3. Initialize Sum: A long variable minAbsoluteDiffSum is initialized to 0. long is used to prevent potential integer overflow if the sum of differences becomes very large.
4. Iterate and Sum: A for loop iterates from the first element up to the second-to-last element (arr.length - 1). In each iteration:

• Math.abs((long)arr[i] - arr[i + 1]) calculates the absolute difference between the current element arr[i] and its adjacent element arr[i + 1]. Casting to long before subtraction helps prevent overflow during the subtraction itself if arr[i] and arr[i+1] are large integers.
• This difference is added to minAbsoluteDiffSum.

1. Print Result: After the loop completes, minAbsoluteDiffSum holds the total sum of minimum absolute differences, which is then printed to the console.

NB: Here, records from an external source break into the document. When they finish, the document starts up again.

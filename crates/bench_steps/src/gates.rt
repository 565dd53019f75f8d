// What threads do at a gate.
//
//     gate THREADS STEPS     THREADS threads make STEPS steps each at one gate of a counter
//     mutex THREADS STEPS    the same under a plain mutex
//     queue CALLS MILLIS     CALLS calls of one actor, each from its own thread, with turns of MILLIS milliseconds
//
// The count is how many steps or turns there were.
mod counter;
mod counting;
mod queue;

use counting::{count_at_gate, count_under_mutex};
use queue::take_turns;
use std::alloc::Global;
use std::sync::Wait;
use std::thread::Threads;
use std::time::{Clock, Duration};

/// Does what `mode` says and answers the count; `None` if memory ran out, or if the words make no sense.
pub fn run<R: Threads + Wait + Clock + Sync>(
    rt: &R,
    alloc: Global,
    mode: &str,
    first: &str,
    second: &str,
) -> Option<u64> {
    let first = first.parse::<u32>().ok()?;
    let second = second.parse::<u32>().ok()?;
    match mode {
        "gate" => count_at_gate(rt, alloc, first, second),
        "mutex" => Some(count_under_mutex(rt, first, second)),
        "queue" => take_turns(rt, alloc, first, Duration::from_millis(second as u64)),
        _ => None,
    }
}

Time and Space Complexity:

• Time Complexity: The dominant operation is sorting the array, which typically takes O(N log N) time, where N is the number of elements in the array. The subsequent loop to sum differences takes O(N) time. Therefore, the overall time complexity is O(N log N).
• Space Complexity: Arrays.sort() in Java uses a dual-pivot quicksort for primitive types, which has an average space complexity of O(log N) for the recursion stack (though it can be O(N) in the worst case for object arrays). For primitive arrays, it's generally considered in-place or O(log N). If a custom sort that uses O(N) space is used, then the space complexity would be O(N). For this specific problem, it's typically O(log N) or O(1) (in-place) depending on the specific Arrays.sort implementation details for primitives.

Conclusion

Calculating the sum of minimum absolute differences in an array is an elegant problem solved most efficiently by first sorting the array. By arranging elements in ascending order, we guarantee that adjacent elements will have the smallest possible absolute difference, thus minimizing their cumulative sum. This approach is simple to implement and offers an optimal time complexity of O(N log N) due to the sorting step.

Summary

• The problem aims to minimize the sum of absolute differences between adjacent elements.
• The optimal strategy involves sorting the array first.
• Once sorted, iterate through the array, summing the Math.abs(arr[i] - arr[i+1]) for all adjacent pairs.
• This method guarantees the minimum possible sum because sorting places elements with the smallest numerical gap next to each other.
• The solution has a time complexity of O(N log N) primarily due to the sorting step.